Le ralliement du maire Aurélien Lopez Liguori derrière Gwendoline Chaudoir avait un prix. Et Agde ne s’en tire pas si mal, avec deux vice-présidences et trois conseillers communautaires.
On n’ira pas jusqu’à parler de consensus, mais cela y ressemble quand même un peu. L’élection de Gwendoline Chaudoir à la présidence de l’agglomération Hérault Méditerranée mardi soir au Moulin des Évêques, n’a en effet souffert aucune contestation. Et pour cause : elle était l’unique candidate.

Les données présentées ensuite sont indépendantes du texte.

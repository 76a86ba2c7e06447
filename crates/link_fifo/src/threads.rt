// One thread pushes items, and one takes them.
ghost use Rattle.std.specs.Prelude.{◌≤◌, length, IfOk};

use crate::{PieceIn, PieceOut, RingLink};
use std::alloc::Global;
use std::test::Fail;
use std::thread;
use svc_value::Bytes;
use svc_value::limits::MAX_FRAME_LEN;

const ITEMS: u32 = 100_000;

// A look that finds nothing yields; so many of them in a row end a thread.
const LOOKS: u32 = 100_000_000;

// What a thread saw: how many items, and a sum over their bytes in which each byte's place counts.
#[derive(Clone, Copy, Debug, PartialEq, Eq)]
struct Seen {
    items: u32,
    sum: u64,
}

impl Seen {
    fn with(self, item: &[u8]) -> Seen {
        let mut sum = self.sum.wrapping_mul(31).wrapping_add(item.len() as u64);
        for byte in item {
            sum = sum.wrapping_mul(31).wrapping_add(u64::from(*byte));
        }
        Seen {
            items: self.items.wrapping_add(1),
            sum,
        }
    }
}

const NOTHING: Seen = Seen { items: 0, sum: 0 };

// The item of this number: lengths from 0 to 585 take turns.
fn item_of(alloc: Global, number: u32) -> Result<Bytes, svc_value::OutOfMemory>
    ensures { IfOk result (λ item. length item ≤ MAX_FRAME_LEN) }
{
    let bytes = [(number % 251) as u8; 585];
    let len = ((number % 586) as usize).min(585);
    Bytes::from_slice(alloc, &bytes[..len])
}

// Pushes one item, and says whether it was taken in time.
fn push_one(out: &mut PieceOut, item: Bytes) -> bool
    requires { length item ≤ MAX_FRAME_LEN }
{
    let mut item = item;
    for _ in 0..LOOKS {
        match out.push(item) {
            Ok(()) => return true,
            Err(back) => item = back,
        }
        thread::yield_now();
    }
    false
}

// Pushes all items, and then what is kept of the last one.
fn push_all(alloc: Global, out: PieceOut) -> Seen {
    let mut out = out;
    let mut seen = NOTHING;
    for number in 0..ITEMS {
        let Ok(item) = item_of(alloc, number) else {
            return seen;
        };
        seen = seen.with(item.as_slice());
        if !push_one(&mut out, item) {
            return seen;
        }
    }
    for _ in 0..LOOKS {
        if out.flush() {
            break;
        }
        thread::yield_now();
    }
    seen
}

// Takes all items.
fn take_all(into: PieceIn) -> Seen {
    let mut into = into;
    let mut seen = NOTHING;
    for _ in 0..LOOKS {
        if seen.items == ITEMS {
            break;
        }
        match into.pop_item() {
            Ok(Some(item)) => seen = seen.with(item.as_slice()),
            Ok(None) => thread::yield_now(),
            Err(_) => return seen,
        }
    }
    seen
}

#[test]
fn items_go_from_thread_to_thread(rt: HostRuntime) -> Result<(), Fail> {
    let alloc = rt.alloc();
    let (out, into) = RingLink::new(alloc)?.split();
    let out = PieceOut::new(out);
    let into = PieceIn::new(alloc, into);
    let (pushed, taken) = thread::join(&rt, move || push_all(alloc, out), move || take_all(into));
    assert_eq!(rt; pushed.items, ITEMS);
    assert_eq!(rt; taken, pushed);
    Ok(())
}
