// Bytes with zeros behind them.
ghost use Rattle.std.specs.Prelude.{◌≡◌, ◌≤◌, ◌-◌, ◌++◌, length, replicate};

use crate::piece::MAX_PIECE_LEN;

/// The bytes, and zeros up to 64 bytes.
pub(crate) fn with_zeros(bytes: &[u8]) -> [u8; MAX_PIECE_LEN]
    requires { length bytes.now ≤ MAX_PIECE_LEN }
    ensures { result ≡ bytes.now ++ replicate (MAX_PIECE_LEN - length bytes.now) 0 }
{
    let mut all = [0; MAX_PIECE_LEN];
    all[..bytes.len()].copy_from_slice(bytes);
    all
}
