// Cases of the readers and writers of values, and one of each stream.
use std::alloc::Global;
use std::test::Fail;
use svc_value::{
    Bytes, Fault, LiteralError, MemorySink, MemorySource, Sink, Source, StdSink, StdSource,
    TextError, Value, ValueError, ValueReason, ValueText, ValueType, print_value, put_value,
    read_literal, read_value, take_value,
};

// What a reader of texts answers: the text of the value that it read, or its place.
#[derive(Clone, Copy)]
enum Answer<'a> {
    Read(&'a str),
    Place(usize),
}

fn answers(
    alloc: Global,
    answer: Result<Value, LiteralError>,
    expected: Answer<'_>,
) -> Result<bool, Fail> {
    match (answer, expected) {
        (Ok(value), Answer::Read(text)) => {
            let mut out = Vec::new(alloc);
            print_value(&value, &mut out)?;
            Ok(out.as_slice() == text.as_bytes())
        }
        (Err(LiteralError::Bad { place }), Answer::Place(wanted)) => Ok(place == wanted),
        _ => Ok(false),
    }
}

const LITERALS: [(&str, Answer<'static>); 28] = [
    ("0", Answer::Read("0")),
    ("-0", Answer::Read("0")),
    ("007", Answer::Read("7")),
    ("9223372036854775807", Answer::Read("9223372036854775807")),
    ("9223372036854775808", Answer::Place(18)),
    ("-9223372036854775808", Answer::Read("-9223372036854775808")),
    ("-9223372036854775809", Answer::Place(19)),
    ("00000000000000000000012", Answer::Read("12")),
    ("", Answer::Place(0)),
    ("-", Answer::Place(1)),
    ("--1", Answer::Place(1)),
    ("+1", Answer::Place(0)),
    ("12x", Answer::Place(2)),
    ("1 ", Answer::Place(1)),
    ("!zero", Answer::Place(0)),
    (r#""""#, Answer::Read(r#""""#)),
    (r#""a\"b\\c\td\x01é""#, Answer::Read(r#""a\"b\\c\td\x01é""#)),
    (r#""\x41\x7F\n""#, Answer::Read(r#""A\x7f\n""#)),
    (r#""\x80""#, Answer::Place(3)),
    (r#""\x7g""#, Answer::Place(4)),
    (r#""\q""#, Answer::Place(2)),
    (r#""\é""#, Answer::Place(2)),
    (r#""ab"#, Answer::Place(3)),
    (r#""ab\"#, Answer::Place(4)),
    (r#""ab"c"#, Answer::Place(4)),
    ("\"a\nb\"", Answer::Place(2)),
    ("\"a\tb\"", Answer::Read(r#""a\tb""#)),
    ("\"€😀\"", Answer::Read("\"€😀\"")),
];

#[test]
fn literals(rt: HostRuntime) -> Result<(), Fail> {
    let alloc = rt.alloc();
    for (text, expected) in LITERALS {
        let met = answers(alloc, read_literal(alloc, text), expected)?;
        assert!(rt; met, "{text}");
    }
    Ok(())
}

const PRINTED: [(&str, Answer<'static>); 26] = [
    ("-9223372036854775808", Answer::Read("-9223372036854775808")),
    ("-3", Answer::Read("-3")),
    ("0", Answer::Read("0")),
    ("!overflow", Answer::Read("!overflow")),
    ("!zero", Answer::Read("!zero")),
    ("!long", Answer::Read("!long")),
    ("!number", Answer::Read("!number")),
    ("!empty", Answer::Read("!empty")),
    (r#""12x""#, Answer::Read(r#""12x""#)),
    (r#""a\"b\\c\td\x01é""#, Answer::Read(r#""a\"b\\c\td\x01é""#)),
    (r#""\x7f""#, Answer::Read(r#""\x7f""#)),
    ("00", Answer::Place(1)),
    ("-0", Answer::Place(1)),
    ("9223372036854775808", Answer::Place(18)),
    ("", Answer::Place(0)),
    ("!", Answer::Place(1)),
    ("!x", Answer::Place(1)),
    ("!zer", Answer::Place(4)),
    ("!zero!", Answer::Place(5)),
    (r#""\x41""#, Answer::Place(3)),
    (r#""\x7F""#, Answer::Place(4)),
    (r#""\x0a""#, Answer::Place(4)),
    (r#""\x0B""#, Answer::Place(4)),
    ("\"a\tb\"", Answer::Place(2)),
    (r#""ab"#, Answer::Place(3)),
    (r#""ab" "#, Answer::Place(4)),
];

#[test]
fn printed_texts(rt: HostRuntime) -> Result<(), Fail> {
    let alloc = rt.alloc();
    for (text, expected) in PRINTED {
        let met = answers(alloc, read_value(alloc, text), expected)?;
        assert!(rt; met, "{text}");
    }
    Ok(())
}

// A quoted text of this many letters, and then `end`.
fn letters(alloc: Global, count: usize, end: &str) -> Result<String, Fail> {
    let mut text = String::from_str(alloc, "\"")?;
    for _ in 0..count {
        text.push('a')?;
    }
    text.push_str(end)?;
    Ok(text)
}

const LENGTHS: [(usize, &str, Option<usize>); 6] = [
    (256, "\"", None),
    (257, "\"", Some(257)),
    (254, "é\"", None),
    (255, "é\"", Some(256)),
    (253, "€\"", None),
    (253, "😀\"", Some(254)),
];

#[test]
fn lengths(rt: HostRuntime) -> Result<(), Fail> {
    let alloc = rt.alloc();
    for (count, end, place) in LENGTHS {
        let text = letters(alloc, count, end)?;
        let refused = match read_literal(alloc, text.as_str()) {
            Err(LiteralError::Bad { place }) => Some(place),
            _ => None,
        };
        assert!(rt; refused == place, "{count} {end}");
    }
    Ok(())
}

// What `take_value` answers: the value's text and length, or a place and its reason.
#[derive(Clone, Copy)]
enum Taken<'a> {
    Value(&'a str, usize),
    Bad(usize, ValueReason),
}

fn takes(alloc: Global, bytes: &[u8], expected: Taken<'_>) -> Result<bool, Fail> {
    match (take_value(alloc, bytes), expected) {
        (Ok((value, len)), Taken::Value(text, wanted)) => {
            let mut out = Vec::new(alloc);
            print_value(&value, &mut out)?;
            let mut again = Vec::new(alloc);
            put_value(&value, &mut again)?;
            let same = len == again.len() && bytes.starts_with(again.as_slice());
            Ok(same && len == wanted && out.as_slice() == text.as_bytes())
        }
        (Err(ValueError::Bad { place, reason }), Taken::Bad(at, why)) => {
            Ok(place == at && reason == why)
        }
        _ => Ok(false),
    }
}

const LAYOUTS: [(&[u8], Taken<'static>); 20] = [
    (&[1, 0, 0, 0, 0, 0, 0, 0, 3, 9], Taken::Value("3", 9)),
    (
        &[1, 255, 255, 255, 255, 255, 255, 255, 254],
        Taken::Value("-2", 9),
    ),
    (&[2, 0, 0], Taken::Value("\"\"", 3)),
    (&[2, 0, 1, 97, 98], Taken::Value("\"a\"", 4)),
    (&[2, 0, 3, 0xE2, 0x82, 0xAC], Taken::Value("\"€\"", 6)),
    (&[3, 5], Taken::Value("!empty", 2)),
    (&[], Taken::Bad(0, ValueReason::Short)),
    (&[0], Taken::Bad(0, ValueReason::Tag)),
    (&[4, 1], Taken::Bad(0, ValueReason::Tag)),
    (&[1, 0, 0], Taken::Bad(3, ValueReason::Short)),
    (&[3], Taken::Bad(1, ValueReason::Short)),
    (&[3, 6], Taken::Bad(1, ValueReason::FaultCode)),
    (&[2, 2], Taken::Bad(1, ValueReason::Length)),
    (&[2, 1, 1], Taken::Bad(2, ValueReason::Length)),
    (&[2, 0, 2, 97], Taken::Bad(4, ValueReason::Short)),
    (&[2, 0, 1, 0xC3], Taken::Bad(3, ValueReason::Utf8)),
    (&[2, 0, 2, 0xC3], Taken::Bad(4, ValueReason::Short)),
    (
        &[2, 0, 3, 0xED, 0xA0, 0x80],
        Taken::Bad(4, ValueReason::Utf8),
    ),
    (
        &[2, 0, 4, 0xF0, 0x9F, 0x98, 0x28],
        Taken::Bad(6, ValueReason::Utf8),
    ),
    (&[2, 0, 2, 97, 0xFF], Taken::Bad(4, ValueReason::Utf8)),
];

#[test]
fn layouts(rt: HostRuntime) -> Result<(), Fail> {
    let alloc = rt.alloc();
    for (bytes, expected) in LAYOUTS {
        let met = takes(alloc, bytes, expected)?;
        assert!(rt; met, "{bytes:?}");
    }
    Ok(())
}

#[test]
fn values(rt: HostRuntime) -> Result<(), Fail> {
    let alloc = rt.alloc();
    let text = Value::Words(ValueText::new(alloc, "ok")?);
    let same = text.copy()?;
    assert!(rt; matches!(&same, Value::Words(words) if words.as_str() == "ok"));
    assert!(rt; same.has_type(ValueType::Text) && !same.has_type(ValueType::Int));
    assert!(rt; Value::Bad(Fault::Zero).has_type(ValueType::Text));
    let long = letters(alloc, 256, "")?;
    let refused = ValueText::new(alloc, long.as_str());
    assert!(rt; matches!(refused, Err(TextError::TooLong { len: 257 })));
    Ok(())
}

// Reads of two bytes at a time, as the counts that they gave; 9 stands for a failed one.
fn reads<S: Source>(source: &mut S) -> [usize; 4] {
    let mut counts = [0; 4];
    let mut buffer = [0; 2];
    for count in counts.iter_mut() {
        *count = source.read(&mut buffer).unwrap_or(9);
    }
    counts
}

// Writes of three bytes, as the counts that they took; 9 stands for a failed one.
fn writes<K: Sink>(sink: &mut K) -> [usize; 4] {
    let mut counts = [0; 4];
    for count in counts.iter_mut() {
        *count = sink.write(b"abc").unwrap_or(9);
    }
    counts
}

#[test]
fn streams(rt: HostRuntime) -> Result<(), Fail> {
    let alloc = rt.alloc();
    let bytes = Bytes::from_slice(alloc, b"xyz")?;
    let mut source = MemorySource::new(bytes, 8, Vec::from_slice(alloc, &[2])?);
    assert!(rt; reads(&mut source) == [2, 9, 1, 0]);
    let mut sink = MemorySink::new(alloc, 5, 2, Vec::from_slice(alloc, &[2])?)?;
    assert!(rt; writes(&mut sink) == [2, 9, 2, 1]);
    assert!(rt; sink.held() == b"ababa".as_slice());
    assert!(rt; reads(&mut StdSource::new(b"xyz".as_slice())) == [2, 1, 0, 0]);
    let mut room = [0; 4];
    assert!(rt; writes(&mut StdSink::new(room.as_mut_slice())) == [3, 1, 9, 9]);
    Ok(())
}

L’épilogue d’une séquence politique entamée depuis de longs mois déjà et conclue le 22 mars dernier, à l’occasion du second tour des élections municipales. Qui, sur notre territoire, n’ont pas débouché sur de grands chambardements, si l’on excepte évidemment l’arrivée au fauteuil de maire d’Agde d’Aurélien Lopez-Liguori et, tout près de là, celle de Jean-Philippe Cabassut à Vias, à la place Jordan Dartier. Pour le reste, la continuité a prévalu dans la quasi-totalité des communes et c’est bien sous cet angle qu’il faut lire l’accession de Gwendoline Chaudoir à la présidence.
Deux vice-présidences pour Agde
Durant les jours qui ont suivi son élection, Aurélien Lopez Liguori a bien tenté de secouer le cocotier et de rallier des maires à sa cause. Il partait de loin. De trop loin pour espérer conquérir l’agglo. Mais quatre années sur les bancs de l’Assemblée nationale ont sans doute aiguisé la culture politique du nouveau maire d’Agde. Qui a finalement renoncé à s’opposer frontalement, tout en n’oubliant pas de négocier son ralliement, bien évidemment. Ainsi, il a hérité de la très symbolique 1re vice-présidence de la CAHM et sera chargé du développement économique et du numérique. La cheffe d’entreprise agathoise Viviane Canova a quant à elle reçu la 15e vice-présidence, celle reliée à l’Agence nationale de rénovation urbaine (Anru) et de la politique de la ville, deux thématiques importantes dans l’optique de la revitalisation du cœur de ville d’Agde.
Tourisme, voiries, espaces verts, propreté…
La communauté d’agglomération Hérault Méditerranée a également mis en place sept conseillers communautaires délégués. Où les Agathois Laurence Quesney et Laurent Brault s’occuperont respectivement du tourisme, de la propreté, des voiries et des espaces verts. Des compétences primordiales pour la ville d’Agde, ce qui ne veut évidemment pas dire que les autres communes seront moins bien loties. Mais pour la première station balnéaire de France, qui passe de 30 000 habitants l’hiver à plus de 250 000 en période estivale, ces sujets sont capitaux.
On pense notamment à l’office de tourisme Cap d’Agde Méditerranée, qui chapeaute les vingt communes de l’agglo, financé en très grande partie par les taxes de séjour prélevées à Agde, soit plus de 3 millions d’euros selon nos informations. Il semblait inconcevable qu’en la matière, la ville ne puisse pas peser d’une façon ou d’une autre sur la politique touristique de la destination.
Les quinze vice-présidents
1er vice-président : Aurélien Lopez-Liguori (Agde, développement économique et numérique) ; 2e VP : Armand Rivière (Pézenas, projet de territoire, commerce de proximité) ; 3e VP : Jean-Philippe Cabassut (Vias, Gemapi et littoral) ; 4e VP : Stéphane Pépin Bonet (Bessan, finances) ; 5e VP : Vincent Gaudy (Florensac, eau et assainissement) ; 6e VP : Yann Llopis (Montagnac, patrimoine) ; 7e VP : Jean Augé (St-Thibéry, transition écologique, environnement) ; 8e VP : Jean-Charles Desplan (Caux, mobilités) ; 9e VP : Laurent Durban (Pomerols, aménagement durable du territoire) ; 10e VP : Nicolas Isern (Pinet, cohésion sociale) ; 11e VP : Lionel Puche (Tourbes, ressources humaines, dialogue social) ; 12e VP : Marie-Aude Sicard (Nézignan, stratégie de l’emploi) ; 13e VP : Nicolas Bril (Lézignan-la-Cèbe, tranquillité publique) ; 14e VP : Jean-René Pénas (Adissan, sécurité civile) ; 15e VP : Viviane Canova (Agde, Anru, politique de la ville).